I travel and want to eat chocolate.


----------



## AKBTampa (Aug 31, 2006)

No problem sky-eye

The beer is the main reason I want to visit (especially the abbeys) :cheers:
But the pictures in this thread alone, would make me want to explore the cities and towns more.


----------



## staff (Oct 23, 2004)

These buildings are awesome!


----------



## EvanG (Aug 28, 2007)

We're not to fond of them actually. Someting like 90% of our coast looks like this. These buildings replaced some breathtaking belle epoque houses and there are hardly any dunes left in Belgium. If you look at pictures of a hunderd years ago of our coast and compare them to what's left today you would feel like crying.


----------



## Ian (Nov 26, 2006)

^^ could you post some old pictures of belgian coastal cities?? or at least a link to a thread??

Thank you 

ohh sorry... great pics sky-eye keep them coming!!

:cheers:


----------



## Tetramesh (Jun 22, 2007)

EvanG said:


> We're not to fond of them actually.

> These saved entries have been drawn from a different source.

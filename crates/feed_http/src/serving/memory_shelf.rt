//! A shelf of files in memory.
use crate::serving::shelf::{Shelf, ShelfFault};
use feed_names::ReleaseName;
use std::alloc::Global;

/// The file of a release.
#[derive(Debug, Drop)]
pub struct NamedFile {
    pub name: ReleaseName,
    pub bytes: Vec<u8>,
}

/// A shelf of files in memory. Its contracts name the files. If a name appears twice, the first file counts. It has no
/// device, so its only fault is running out of memory.
#[derive(Clone, Copy, Debug)]
pub struct MemoryShelf<'a> {
    pub files: &'a [NamedFile],
}

impl MemoryShelf<'_> {
    ghost use Rattle.std.specs.Prelude.{◌≡◌, option_copied};
    ghost use Rattle.feed_http.specs.MemoryShelves.{file_named};

    fn file(&self, name: &ReleaseName) -> Option<&[u8]>
        ensures { option_copied result ≡ file_named self.now.files.now name.now }
    {
        let file = self.files.iter().find(|file| file.name == *name)?;
        Some(&file.bytes)
    }
}

impl Shelf for MemoryShelf<'_> {
    ghost use Rattle.std.specs.Prelude.{Some};
    ghost use Rattle.feed_http.specs.MemoryShelves.{file_named};

    ghost files = { λ shelf. Some (file_named shelf.files.now) };

    ghost failed = { λ _. 0 };

    fn failures(&self) -> u64 {
        0
    }

    fn size(&mut self, name: &ReleaseName) -> Result<Option<u64>, ShelfFault> {
        Ok(self.file(name).map(|file| file.len() as u64))
    }

    fn read(
        &mut self,
        alloc: Global,
        name: &ReleaseName,
        first: u64,
        len: usize,
    ) -> Result<Vec<u8>, ShelfFault> {
        let Some(file) = self.file(name) else {
            unreachable!()
        };
        let start = first as usize;
        match Vec::from_slice(alloc, &file[start..start + len]) {
            Ok(bytes) => Ok(bytes),
            Err(_) => Err(ShelfFault::Memory),
        }
    }
}
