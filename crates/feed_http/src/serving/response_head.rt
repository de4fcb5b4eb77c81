//! Writes the heads of responses (RFC 9112, section 4).
ghost use Rattle.std.specs.Prelude.{◌≡◌, OnOk, IfOk, IsOkUnless};
ghost use Rattle.std.specs.Io.KnownBytes.{Appends};
ghost use Rattle.feed_http.specs.Responses.{status_of, head_text, refusal_text, IsPartInside};

use arrayvec::ArrayVec;
use feed_http_heads::HttpFault;
use std::io;
use std::io::Write;

const LONGEST_HEAD: usize = 512;

/// The head of a response. Lengths are in bytes, and places count from 0.
#[derive(Clone, Copy)]
pub(crate) enum ServerHead {
    /// The complete file follows, unless the request is a HEAD.
    Whole { length: u64 },
    /// The range from the first to the last place follows, both included.
    Part { first: u64, last: u64, length: u64 },
    BadRequest,
    NotFound,
    /// The file has no byte of the requested range.
    Unsatisfied { length: u64 },
    NotImplemented,
}

impl ServerHead {
    /// Returns the status code (RFC 9110, section 15).
    pub(crate) fn status(self) -> u16
        ensures { result ≡ status_of self }
    {
        match self {
            ServerHead::Whole { .. } => 200,
            ServerHead::Part { .. } => 206,
            ServerHead::BadRequest => 400,
            ServerHead::NotFound => 404,
            ServerHead::Unsatisfied { .. } => 416,
            ServerHead::NotImplemented => 501,
        }
    }

    /// Writes the head, all of it at once, and returns its status.
    pub(crate) fn write<W: Write>(self, writer: &mut W) -> Result<u16, HttpFault>
        requires { IsPartInside self }
        ensures status { IfOk result (λ status. status ≡ status_of self) }
        ensures head { OnOk result
            (Appends (W.contents writer.old) (W.contents writer.new) (head_text self)) }
        ensures faults { IsOkUnless result HttpFault.Write }
    {
        let mut text = ArrayVec::<u8, LONGEST_HEAD>::new();
        let Ok(()) = self.format(&mut text) else {
            return Err(HttpFault::Write);
        };
        let Ok(()) = writer.write_all(text.as_slice()) else {
            return Err(HttpFault::Write);
        };
        Ok(self.status())
    }

    fn format<W: Write>(self, out: &mut W) -> io::Result<()>
        requires { IsPartInside self }
        ensures { OnOk result (Appends (W.contents out.old) (W.contents out.new) (head_text self)) }
    {
        match self {
            ServerHead::Whole { length } => format_whole(out, length),
            ServerHead::Part {
                first,
                last,
                length,
            } => format_part(out, first, last, length),
            ServerHead::BadRequest => format_refusal(out, "400 Bad Request"),
            ServerHead::NotFound => format_refusal(out, "404 Not Found"),
            ServerHead::Unsatisfied { length } => format_unsatisfied(out, length),
            ServerHead::NotImplemented => format_refusal(out, "501 Not Implemented"),
        }
    }
}

fn format_whole<W: Write>(out: &mut W, length: u64) -> io::Result<()>
    ensures { OnOk result
        (Appends (W.contents out.old) (W.contents out.new) (head_text (ServerHead.Whole length))) }
{
    write!(
        out,
        "HTTP/1.1 200 OK\r\n\
         Content-Type: application/octet-stream\r\n\
         Accept-Ranges: bytes\r\n\
         Content-Length: {length}\r\n\
         Connection: close\r\n\r\n"
    )
}

fn format_part<W: Write>(out: &mut W, first: u64, last: u64, length: u64) -> io::Result<()>
    requires { IsPartInside (ServerHead.Part first last length) }
    ensures { OnOk result (Appends (W.contents out.old) (W.contents out.new)
        (head_text (ServerHead.Part first last length))) }
{
    let count = last - first + 1;
    write!(
        out,
        "HTTP/1.1 206 Partial Content\r\n\
         Content-Type: application/octet-stream\r\n\
         Accept-Ranges: bytes\r\n\
         Content-Range: bytes {first}-{last}/{length}\r\n\
         Content-Length: {count}\r\n\
         Connection: close\r\n\r\n"
    )
}

fn format_unsatisfied<W: Write>(out: &mut W, length: u64) -> io::Result<()>
    ensures { OnOk result (Appends (W.contents out.old) (W.contents out.new)
        (head_text (ServerHead.Unsatisfied length))) }
{
    write!(
        out,
        "HTTP/1.1 416 Range Not Satisfiable\r\n\
         Accept-Ranges: bytes\r\n\
         Content-Range: bytes */{length}\r\n\
         Content-Length: 0\r\n\
         Connection: close\r\n\r\n"
    )
}

fn format_refusal<W: Write>(out: &mut W, status: &str) -> io::Result<()>
    ensures { OnOk result
        (Appends (W.contents out.old) (W.contents out.new) (refusal_text status.now)) }
{
    write!(
        out,
        "HTTP/1.1 {status}\r\n\
         Content-Length: 0\r\n\
         Connection: close\r\n\r\n"
    )
}
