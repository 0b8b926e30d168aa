//! Where the values come from that are sent into an input.
ghost use Rattle.std.specs.Prelude.{◌≡◌};
ghost use Rattle.flow_open.specs.Senders.{is_sending};
ghost use Rattle.flow_open.specs.declared.sender.SenderState.TheVariants.{Sending};

use flow_poll::SendFault;
use flow_value::Value;

/// How far a sender has come.
#[derive(Drop)]
pub enum SenderState {
    /// It sends on. Its last value may be under way.
    Sending,
    /// Each value that it gave was accepted, it has none any more, and its input was told so.
    Through,
    /// This value came back, since its block takes none any more. None is sent after it.
    Refused(Value),
    /// This value could not be begun, and came back. None is sent after it, and its input stays open.
    NotBegun(Value, SendFault),
}

/// Sends values into an input. Behind the last one the input completes.
#[derive(Drop)]
pub struct Sender<S> {
    /// The values for which it was not asked yet.
    pub values: S,
    pub state: SenderState,
}

impl<S> Sender<S> {
    /// Sends these values, in order.
    pub fn new(values: S) -> Sender<S>
        ensures values { result.values ≡ values }
        ensures sending { result.state ≡ Sending }
    {
        Sender {
            values,
            state: SenderState::Sending,
        }
    }

    /// Whether it sends on.
    pub(crate) fn is_sending(&self) -> bool
        ensures { result ≡ is_sending self.now.state }
    {
        match &self.state {
            SenderState::Sending => true,
            SenderState::Through | SenderState::Refused(_) | SenderState::NotBegun(_, _) => false,
        }
    }
}
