//! When a network that is run open has come to rest. It is a hint, of which no contract speaks: where it errs, a run ends with something left
//! to do.
//!
//! word       what it says                                                       who writes it
//! news       how often something moved                                          each of the three
//! sent       up to which news no sender moved, counted from 1                   the thread that sends
//! received   the same of the receivers                                          the thread that receives
//! over       1 once the run is over                                             the thread that turns the tasks

use std::hint::spin_loop;
use std::sync::atomic::{AtomicU64, Ordering};
use std::thread::{sleep, yield_now};
use std::time::{Clock, Duration};

/// How often a thread looks again at once, how often once other threads had their turn, and how often after a short sleep, before it
/// sleeps for long.
const AT_ONCE: u32 = 16;

const YIELDS: u32 = 16;

const SHORT_SLEEPS: u32 = 64;

/// How long it sleeps, in microseconds.
const SHORT: u64 = 50;

const LONG: u64 = 1_000;

#[derive(Drop)]
pub(crate) struct Calm {
    news: AtomicU64,
    sent: AtomicU64,
    received: AtomicU64,
    over: AtomicU64,
}

impl Calm {
    /// Nothing has moved yet, and nobody has looked.
    pub(crate) fn new() -> Calm {
        Calm {
            news: AtomicU64::new(1),
            sent: AtomicU64::new(0),
            received: AtomicU64::new(0),
            over: AtomicU64::new(0),
        }
    }

    /// How often something moved.
    pub(crate) fn news(&self) -> u64 {
        self.news.load(Ordering::SeqCst)
    }

    /// Something moved.
    pub(crate) fn moved(&self) {
        self.news.fetch_add(1, Ordering::SeqCst);
    }

    /// No sender moved since these news.
    pub(crate) fn senders_rest(&self, news: u64) {
        self.sent.store(news, Ordering::SeqCst);
    }

    /// No receiver moved since these news.
    pub(crate) fn receivers_rest(&self, news: u64) {
        self.received.store(news, Ordering::SeqCst);
    }

    /// Whether neither senders nor receivers moved since these news.
    pub(crate) fn is_calm(&self, news: u64) -> bool {
        self.sent.load(Ordering::SeqCst) >= news && self.received.load(Ordering::SeqCst) >= news
    }

    /// The run is over.
    pub(crate) fn end(&self) {
        self.over.store(1, Ordering::SeqCst);
    }

    pub(crate) fn is_over(&self) -> bool {
        self.over.load(Ordering::SeqCst) != 0
    }
}

/// A thread found so often that nothing is to do: it lets others go on, the longer the oftener it did.
pub(crate) fn give_way(rt: &impl Clock, tries: u32) {
    if tries < AT_ONCE {
        spin_loop();
    } else if tries < AT_ONCE + YIELDS {
        yield_now();
    } else if tries < AT_ONCE + YIELDS + SHORT_SLEEPS {
        sleep(rt, Duration::from_micros(SHORT));
    } else {
        sleep(rt, Duration::from_micros(LONG));
    }
}

/// A round of the crew found so often that nothing is to do: the next one begins after a sleep, since a round begins threads.
pub(crate) fn rest_between(rt: &impl Clock, rounds: u32) {
    give_way(rt, rounds.saturating_add(AT_ONCE + YIELDS));
}
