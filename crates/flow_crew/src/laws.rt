//! What of a round may go to another thread, and what threads may share. Each law stands on a function that does nothing: whoever calls
//! it has the whole law.
ghost use Rattle.std.specs.Thread.{IsSend, IsSync};
ghost use Rattle.flow_crew.specs.contracts.item.Item as item;

use crate::item::Round;
use flow_board::tasks_cross;
use flow_value::Runs;

/// A type whose values may go to another thread.
pub(crate) fn crosses<T: Send>()
    ensures { IsSend T.row }
{}

/// A type whose values threads may share.
pub(crate) fn is_shared<T: Sync>()
    ensures { IsSync T.row }
{}

/// A task of a round may go to another thread.
pub(crate) fn items_cross<W: Runs + Send + Sync, J: Round<W>>()
    ensures { IsSend (item.the_row W.row J.row (record { meaning = W.meaning }) (record { eq = W.eq }) (record {})
        (record { board = J.board; all = J.all; came = J.came })) }
{
    tasks_cross::<W>();
}
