//! Messages go from the exits of a network to receivers.
ghost use Rattle.std.specs.Prelude.{◌≡◌, map};
ghost use Rattle.flow_value.specs.declared.value.Value.{Value};
ghost use Rattle.flow_board.specs.Parts.{AllExitsOf, exit_board, exit_number, exit_state};
ghost use Rattle.flow_open.specs.Takes.{EachTakes, Takes};

use crate::calm::{Calm, give_way};
use flow_board::{Board, Exit};
use flow_poll::Received;
use flow_value::{Runs, Value};
use std::alloc::Global;
use std::sync::Wait;
use std::time::Clock;

/// All receivers are given what comes at their exits, in order, until the run is over.
pub(crate) fn receive_all<W: Runs, F: FnMut(Value), R: Wait + Clock>(
    rt: &R,
    alloc: Global,
    board: &Board<W>,
    exits: &mut Vec<Exit<W>>,
    receivers: &mut Vec<F>,
    calm: &Calm,
)
    requires of { AllExitsOf board.now exits.old.items }
    requires can { (state : F) (value : Value) → F.pre state value }
    ensures of { AllExitsOf board.now exits.new.items }
    ensures numbers { map exit_number exits.new.items ≡ map exit_number exits.old.items }
    ensures takes { EachTakes (λ state value next. F.step state value tt next) exits.old.items receivers.old.items exits.new.items
        receivers.new.items }
{
    let mut tries = 0;
    for _ in rt.forever() {
        if calm.is_over() {
            break;
        }
        let news = calm.news();
        if receive_round(alloc, board, exits, receivers) {
            calm.moved();
            tries = 0;
        } else {
            calm.receivers_rest(news);
            give_way(rt, tries);
            tries = tries.saturating_add(1);
        }
    }
}

/// Each receiver is given the message that has come, if one has. False where none had.
fn receive_round<W: Runs, F: FnMut(Value)>(
    alloc: Global,
    board: &Board<W>,
    exits: &mut Vec<Exit<W>>,
    receivers: &mut Vec<F>,
) -> bool
    requires of { AllExitsOf board.now exits.old.items }
    requires can { (state : F) (value : Value) → F.pre state value }
    ensures of { AllExitsOf board.now exits.new.items }
    ensures numbers { map exit_number exits.new.items ≡ map exit_number exits.old.items }
    ensures takes { EachTakes (λ state value next. F.step state value tt next) exits.old.items receivers.old.items exits.new.items
        receivers.new.items }
{
    let mut moved = false;
    for place in 0..exits.len().min(receivers.len()) {
        if receive(alloc, board, &mut exits[place], &mut receivers[place]) {
            moved = true;
        }
    }
    moved
}

/// Gives the message that has come to the receiver, if one has. Where memory is out, it comes later.
fn receive<W: Runs, F: FnMut(Value)>(
    alloc: Global,
    board: &Board<W>,
    exit: &mut Exit<W>,
    take: &mut F,
) -> bool
    requires of { exit_board exit.old ≡ board.now }
    requires can { (state : F) (value : Value) → F.pre state value }
    ensures of { exit_board exit.new ≡ exit_board exit.old }
    ensures number { exit_number exit.new ≡ exit_number exit.old }
    ensures takes { Takes (λ state value next. F.step state value tt next) (exit_state exit.old).received take.old
        (exit_state exit.new).received take.new }
{
    match exit.try_receive(alloc, board) {
        Ok(Received::Message(value)) => {
            take(value);
            true
        }
        Ok(Received::Waiting) => false,
        Ok(Received::Ended(_)) => false,
        Err(_) => false,
    }
}
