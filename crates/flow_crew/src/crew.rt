//! The workers of a round, joined by halves.
ghost use Rattle.std.specs.Prelude.{◌≡◌, ◌≤◌, ◌<◌, ◌+◌, [], Some};
ghost use Rattle.std.specs.Thread.{IsSend, IsSync};
ghost use Rattle.crossbeam_queue.specs.Passes.{view, IsPassOf};

use crate::bell::{Bell, Lull};
use crate::item::Round;
use crate::laws::{crosses, is_shared, items_cross};
use crate::rule::{Halves, Queue, Ticket};
use crate::shift::Hours;
use crate::worker::{Done, Worker};
use flow_board::{Board, Gate, boards_are_shared};
use flow_value::Runs;
use std::alloc::Global;
use std::collections::VecDeque;
use std::sync::Wait;
use std::thread::{Threads, join};
use std::time::Clock;

/// What a worker is told of the round.
#[derive(Clone, Copy)]
pub(crate) struct Share {
    /// How many tasks it takes at a time, of how many.
    pub(crate) chunk: usize,
    pub(crate) tasks: usize,
    /// How many events it does at most.
    pub(crate) budget: u64,
}

impl Share {
    /// The shares of the others of so many workers, and of so few of them, which get their part of the budget.
    fn halves(self, few: usize, workers: usize) -> (Share, Share)
        requires { 0 < workers }
        ensures within { result.0.budget + result.1.budget ≡ self.budget }
    {
        let budget = (self.budget / workers as u64)
            .saturating_mul(few as u64)
            .min(self.budget);
        let others = Share {
            budget: self.budget - budget,
            ..self
        };
        (others, Share { budget, ..self })
    }
}

/// One worker: it takes tasks, turns them and puts them back, until none moves. Once its budget is used it does jobs of lanes alone, which
/// are no events; it ends with the hours. Its pass comes back as it was.
fn work<W: Runs, J: Round<W>, R: Wait + Clock, G: Gate>(
    rt: &R,
    alloc: Global,
    board: &Board<W>,
    queue: &Queue<W, J>,
    bell: &Bell,
    hours: &Hours,
    pass: Ticket<W, J>,
    share: Share,
    gate: &G,
) -> (Ticket<W, J>, Done)
    requires board { J.board ≡ Some board.now }
    requires queue { IsPassOf queue.now pass }
    requires pass { (0 < (view pass).parts) × ((view pass).holds ≡ []) }
    ensures queue { IsPassOf queue.now result.0 }
    ensures pass { ((view result.0).parts ≡ (view pass).parts) × ((view result.0).holds ≡ []) }
    ensures within { result.1.events ≤ share.budget }
{
    let chunk = share.chunk;
    let Ok(held) = VecDeque::with_capacity(alloc, chunk) else {
        bell.end();
        return (pass, Done::nothing().refused());
    };
    let mut worker = Worker::new(pass, held);
    let mut lull = Lull::new(bell);
    let mut events = 0;
    let mut refused = false;
    bell.come();
    for _ in rt.forever() {
        if refused || bell.is_over() || hours.is_over(rt, 0) {
            break;
        }
        lull.listen(bell);
        let budget = share.budget - events;
        let (done, taken) = worker.turn_some(
            rt, alloc, board, queue, bell, hours, chunk, budget, gate,
        );
        events += done.events;
        hours.count(done.events);
        refused = done.refused;
        if refused {
            bell.end();
        } else if done.moved {
            lull.moved(bell);
        } else {
            lull.lay_still(rt, bell, taken, share.tasks);
        }
    }
    worker.put_all(rt, queue, bell);
    bell.leave();
    let done = Done {
        events,
        refused,
        ..Done::nothing()
    };
    (worker.end(), done)
}

/// So many workers, each with its share of the budget. The pass comes back as it was, so nothing is held when they are done.
pub(crate) fn crew<
    W: Runs + Send + Sync,
    J: Round<W> + Send + Sync,
    R: Threads + Wait + Clock + Sync,
    G: Gate + Sync,
>(
    rt: &R,
    alloc: Global,
    board: &Board<W>,
    queue: &Queue<W, J>,
    bell: &Bell,
    hours: &Hours,
    mut pass: Ticket<W, J>,
    workers: usize,
    share: Share,
    gate: &G,
) -> (Ticket<W, J>, Done)
    requires board { J.board ≡ Some board.now }
    requires queue { IsPassOf queue.now pass }
    requires pass { (workers ≤ (view pass).parts) × (0 < (view pass).parts) × ((view pass).holds ≡ []) }
    ensures queue { IsPassOf queue.now result.0 }
    ensures pass { ((view result.0).parts ≡ (view pass).parts) × ((view result.0).holds ≡ []) }
    ensures within { result.1.events ≤ share.budget }
{
    if workers < 2 {
        return work(rt, alloc, board, queue, bell, hours, pass, share, gate);
    }
    items_cross::<W, J>();
    crosses::<Ticket<W, J>>();
    is_shared::<Queue<W, J>>();
    boards_are_shared::<W>();
    let low = workers / 2;
    let high = workers - low;
    let (upper, lower) = share.halves(low, workers);
    let other = queue.another::<Halves>(&mut pass);
    let front = move || -> (Ticket<W, J>, Done)
        requires { IsSend W.row × IsSync W.row × IsSend J.row × IsSync J.row × IsSync R.row × IsSync G.row × (J.board ≡ Some board.now) × IsPassOf queue.now pass
            × (high ≤ (view pass).parts) × (0 < (view pass).parts) × ((view pass).holds ≡ []) }
        ensures { IsPassOf queue.entry.now result.0 × ((view result.0).parts ≡ (view pass).parts) × ((view result.0).holds ≡ [])
            × (result.1.events ≤ upper.budget) }
    {
        crew(
            rt, alloc, board, queue, bell, hours, pass, high, upper, gate,
        )
    };
    let back = move || -> (Ticket<W, J>, Done)
        requires { IsSend W.row × IsSync W.row × IsSend J.row × IsSync J.row × IsSync R.row × IsSync G.row × (J.board ≡ Some board.now) × IsPassOf queue.now other
            × (low ≤ (view other).parts) × (0 < (view other).parts) × ((view other).holds ≡ []) }
        ensures { IsPassOf queue.entry.now result.0 × ((view result.0).parts ≡ (view other).parts) × ((view result.0).holds ≡ [])
            × (result.1.events ≤ lower.budget) }
    {
        crew(
            rt, alloc, board, queue, bell, hours, other, low, lower, gate,
        )
    };
    let ((mut pass, first), (other, second)) = join(rt, front, back);
    queue.absorb::<Halves>(&mut pass, other);
    (pass, first.and(second))
}
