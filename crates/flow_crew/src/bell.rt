//! Where workers sleep that find nothing to do. It is a hint, of which no contract speaks: a ring that is lost costs a millisecond.
//!
//! word      what it counts                                                   who writes it
//! rings     how often there was news: tasks moved, one left, all is over     any worker
//! here      the workers that came and have not left                          each worker, of itself
//! idle      those of them that wait                                          each worker, of itself
//! over      1 once the round is over                                         who finds all idle, or memory refused
use std::hint::spin_loop;
use std::sync::Wait;
use std::sync::atomic::{AtomicU64, Ordering};
use std::thread::yield_now;
use std::time::Duration;

/// How often a worker looks before it sleeps: for about a microsecond.
const LOOKS: u32 = 200;

/// How long it sleeps at most, in milliseconds.
const SLEEP: u64 = 1;

/// How often a put that another thread is in the way of is tried again at once, and how often once other threads had their turn, before
/// the worker sleeps between two tries.
const AT_ONCE: u32 = 8;

const YIELDS: u32 = 8;

#[derive(Drop)]
pub(crate) struct Bell {
    rings: AtomicU64,
    here: AtomicU64,
    idle: AtomicU64,
    over: AtomicU64,
}

impl Bell {
    /// A bell that nobody has come to.
    pub(crate) fn new() -> Bell {
        Bell {
            rings: AtomicU64::new(0),
            here: AtomicU64::new(0),
            idle: AtomicU64::new(0),
            over: AtomicU64::new(0),
        }
    }

    /// A worker comes. Only those that came are waited for, since a worker may begin when others have left.
    pub(crate) fn come(&self) {
        self.here.fetch_add(1, Ordering::SeqCst);
    }

    /// A worker leaves: the others look again.
    pub(crate) fn leave(&self) {
        self.here.fetch_sub(1, Ordering::SeqCst);
        self.ring_all();
    }

    /// How often there was news.
    pub(crate) fn rings(&self) -> u64 {
        self.rings.load(Ordering::SeqCst)
    }

    /// Whether the round is over.
    pub(crate) fn is_over(&self) -> bool {
        self.over.load(Ordering::SeqCst) != 0
    }

    /// The round is over.
    pub(crate) fn end(&self) {
        self.over.store(1, Ordering::SeqCst);
        self.ring_all();
    }

    /// Tasks that moved were put back: one worker that waits looks again.
    pub(crate) fn ring(&self) {
        self.rings.fetch_add(1, Ordering::SeqCst);
        if self.idle.load(Ordering::SeqCst) > 0 {
            self.rings.wake_one();
        }
    }

    fn ring_all(&self) {
        self.rings.fetch_add(1, Ordering::SeqCst);
        self.rings.wake_all();
    }

    /// Waits for a ring behind those that were heard, a millisecond at most. Where all that are here wait, and none rang, the round is
    /// over.
    pub(crate) fn wait<R: Wait>(&self, rt: &R, heard: u64) {
        let idle = self.idle.fetch_add(1, Ordering::SeqCst);
        if idle.wrapping_add(1) >= self.here.load(Ordering::SeqCst) && self.rings() == heard {
            self.end();
        }
        for _ in 0..LOOKS {
            if self.rings() != heard {
                break;
            }
            spin_loop();
        }
        self.sleep(rt, heard);
        self.idle.fetch_sub(1, Ordering::SeqCst);
    }

    /// Sleeps for a millisecond at most, or until a ring behind those that were heard.
    fn sleep<R: Wait>(&self, rt: &R, heard: u64) {
        if self.rings() == heard {
            let word = (heard % (1 << 32)) as u32;
            self.rings
                .park_timeout(rt, word, Duration::from_millis(SLEEP));
        }
    }

    /// Another thread was in the way of a put so often: this one lets it go on, the longer the oftener it was.
    pub(crate) fn give_way<R: Wait>(&self, rt: &R, tries: u32) {
        if tries < AT_ONCE {
            spin_loop();
        } else if tries < AT_ONCE + YIELDS {
            yield_now();
        } else {
            self.sleep(rt, self.rings());
        }
    }
}

/// What one worker has heard, and how many tasks lay still since.
#[derive(Drop)]
pub(crate) struct Lull {
    heard: u64,
    still: usize,
}

impl Lull {
    /// Nothing has lain still yet.
    pub(crate) fn new(bell: &Bell) -> Lull {
        Lull {
            heard: bell.rings(),
            still: 0,
        }
    }

    /// Where there is news, the count begins anew.
    pub(crate) fn listen(&mut self, bell: &Bell) {
        let rings = bell.rings();
        if rings != self.heard {
            self.heard = rings;
            self.still = 0;
        }
    }

    /// Tasks that moved were put back.
    pub(crate) fn moved(&mut self, bell: &Bell) {
        self.still = 0;
        bell.ring();
    }

    /// So many tasks were taken and lay still. Where there was none to take, or as many as there are lay still without news, it waits.
    pub(crate) fn lay_still<R: Wait>(&mut self, rt: &R, bell: &Bell, taken: usize, tasks: usize) {
        self.still = self.still.saturating_add(taken);
        if taken == 0 || self.still >= tasks {
            self.still = 0;
            bell.wait(rt, self.heard);
        }
    }
}
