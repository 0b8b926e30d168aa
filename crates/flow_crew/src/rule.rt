//! The rule of the queue, and what each of its calls tells.
use crate::item::{Item, Round};
use crossbeam_queue::protocol::{Join, Lesson, Outcome, Protocol, Split};
use crossbeam_queue::{Pass, RuledArrayQueue};
use flow_value::Runs;
use std::collections::LinkedList;
use std::marker::PhantomData;

/// What a pass knows: its parts of the right to know the whole, and the numbers of the tasks that its worker holds, in the order in which
/// they were taken. No value is made.
pub struct Hand {
    pub parts: u64,
    pub holds: LinkedList<usize>,
}

/// The rule: the tasks of the round are those in the queue and those that passes hold.
pub struct Fair<J> {
    of: PhantomData<J>,
}

impl<W: Runs, J: Round<W>> Protocol<Item<W, J>, Hand> for Fair<J> {
    ghost use Rattle.flow_crew.specs.Rules.{Balanced, all_parts, hand};

    ghost holds = { Balanced J.all };

    ghost first = { hand all_parts J.all };
}

/// A pass is cut into halves, of which the second holds nothing.
pub struct Halves;

impl Split<Hand> for Halves {
    ghost use Rattle.std.specs.Prelude.{◌-◌, ◌/◌, []};
    ghost use Rattle.flow_crew.specs.Rules.{hand};

    ghost left = { λ v. hand (v.parts - v.parts / 2) v.holds };

    ghost right = { λ v. hand (v.parts / 2) [] };
}

impl Join<Hand> for Halves {
    ghost use Rattle.std.specs.Prelude.{◌+◌, ◌++◌, []};
    ghost use Rattle.flow_crew.specs.Rules.{hand};

    ghost both = { λ v w. hand (v.parts + w.parts) (v.holds ++ w.holds) };

    ghost spent = { hand 0 [] };
}

/// A task is taken: it is held, last.
pub struct Takes<J> {
    of: PhantomData<J>,
}

impl<W: Runs, J: Round<W>> Outcome<Item<W, J>, Hand> for Takes<J> {
    ghost use Rattle.std.specs.Prelude.{◌≡◌, ◌<◌, ◌∷◌, ◌++◌, [], length};
    ghost use Rattle.flow_crew.specs.Rules.{hand};

    ghost then = { λ v x w. (w ≡ hand v.parts (v.holds ++ x ∷ [])) × (length v.holds < length J.all) };
}

impl<W: Runs, J: Round<W>> Lesson<Item<W, J>, Hand> for Takes<J> {
    ghost use Rattle.flow_crew.specs.Rules.{Tells};

    ghost fact = { Tells J.all };
}

/// The first task that is held is put back.
pub struct Puts<J> {
    of: PhantomData<J>,
}

impl<W: Runs, J: Round<W>> Outcome<Item<W, J>, Hand> for Puts<J> {
    ghost use Rattle.std.specs.Prelude.{◌≡◌, drop};
    ghost use Rattle.flow_crew.specs.Rules.{hand};

    ghost then = { λ v x w. w ≡ hand v.parts (drop 1 v.holds) };
}

impl<W: Runs, J: Round<W>> Lesson<Item<W, J>, Hand> for Puts<J> {
    ghost use Rattle.flow_crew.specs.Rules.{HasRoom};

    ghost fact = { HasRoom J.all };
}

pub(crate) type Queue<W, J> = RuledArrayQueue<Item<W, J>, Hand, Fair<J>>;

pub(crate) type Ticket<W, J> = Pass<Item<W, J>, Hand>;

Someting like 90% of our coast looks like this. These buildings replaced some breathtaking belle epoque houses and there are hardly any dunes left in Belgium. If you look at pictures of a hunderd years ago of our coast and compare them to what's left today you would feel like crying.


Indeed. Belgium does not have a long coastline but what there is has been mostly turned into a very ugly sight. When viewed from the sea it looks as though a tidal wave of monstrous concrete has swept Belgium.


----------



## EvanG (Aug 28, 2007)

Ian said:


> ^^ could you post some old pictures of belgian coastal cities?? or at least a link to a thread??
> 
> Thank you


the same place around 1900


----------



## Tetramesh (Jun 22, 2007)

EvanG said:


> the same place around 1900


Its quite sad to look at those old photos and realise what has been lost, the sea front looks amazing back then.


----------



## neorion (May 26, 2006)

EvanG said:


> the same place around 1900


 Right, I see what you mean. A great shame these beauties were replaced with characterless apartments.


----------



## Ian (Nov 26, 2006)

hno: really sad... It's the same story everywhere.


----------